WHAT NEEDS TO BE DONE:
Send back exactly the lines from the opening line of the records below through the one with "pub(crate) fn best(&mut".

SUPPLIED DATA:
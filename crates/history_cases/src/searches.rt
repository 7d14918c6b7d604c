//! Operations that ask the index.

use crate::case_histories::Histories;
use case_lines::{Arguments, Refusal, number, pair, query_by_steps};
use engine::Hit;
use histories::calls;
use serde_json::Value;
use std::alloc::{AllocError, Global};

impl Histories {
    /// The best `k` hits of a query, each as its score and what is stored.
    pub(crate) fn search(&mut self, arguments: &Arguments) -> Result<Value, Refusal> {
        self.best(arguments.number(0)?, arguments.list(1)?)
    }

    /// The best hits of the query of these steps.
    pub(crate) fn best(&mut self, limit: u64, steps: &[Value]) -> Result<Value, Refusal> {
        let query = query_by_steps(self.alloc, steps)?;
        let alloc = self.alloc;
        let hits = calls::search(self.standing_mut()?, &query, limit as usize)?;
        Ok(shown(alloc, &hits)?)
    }

    /// The best `k` hits of a query, and how many blocks of postings were decoded for them.
    pub(crate) fn search_counted(&mut self, arguments: &Arguments) -> Result<Value, Refusal> {
        let query = query_by_steps(self.alloc, arguments.list(1)?)?;
        let limit = arguments.number(0)? as usize;
        let alloc = self.alloc;
        let (hits, blocks) = self.standing_mut()?.search_counted(&query, limit)?;
        Ok(pair(alloc, shown(alloc, &hits)?, number(blocks))?)
    }

    /// How many documents match a query.
    pub(crate) fn count(&self, arguments: &Arguments) -> Result<Value, Refusal> {
        let query = query_by_steps(self.alloc, arguments.list(0)?)?;
        Ok(number(calls::count(self.standing()?, &query)?))
    }
}

/// The score of each hit, and what is stored of its document.
fn shown(alloc: Global, hits: &[Hit]) -> Result<Value, AllocError> {
    let mut values = Vec::new(alloc);
    for hit in hits {
        let doc = hit.doc.to_json_value(alloc)?;
        values.push(pair(alloc, number(hit.score.unsigned_abs()), doc)?)?;
    }
    Ok(Value::Array(values))
}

ANSWER TO THE EXERCISE:
filename crates/history_cases/src/searches.rt
repository 7d14918c6b7d604c
//! Operations that ask the index.

use crate::case_histories::Histories;
use case_lines::{Arguments, Refusal, number, pair, query_by_steps};
use engine::Hit;
use histories::calls;
use serde_json::Value;
use std::alloc::{AllocError, Global};

impl Histories {
    /// The best `k` hits of a query, each as its score and what is stored.
    pub(crate) fn search(&mut self, arguments: &Arguments) -> Result<Value, Refusal> {
        self.best(arguments.number(0)?, arguments.list(1)?)
    }

    /// The best hits of the query of these steps.
    pub(crate) fn best(&mut self, limit: u64, steps: &[Value]) -> Result<Value, Refusal> {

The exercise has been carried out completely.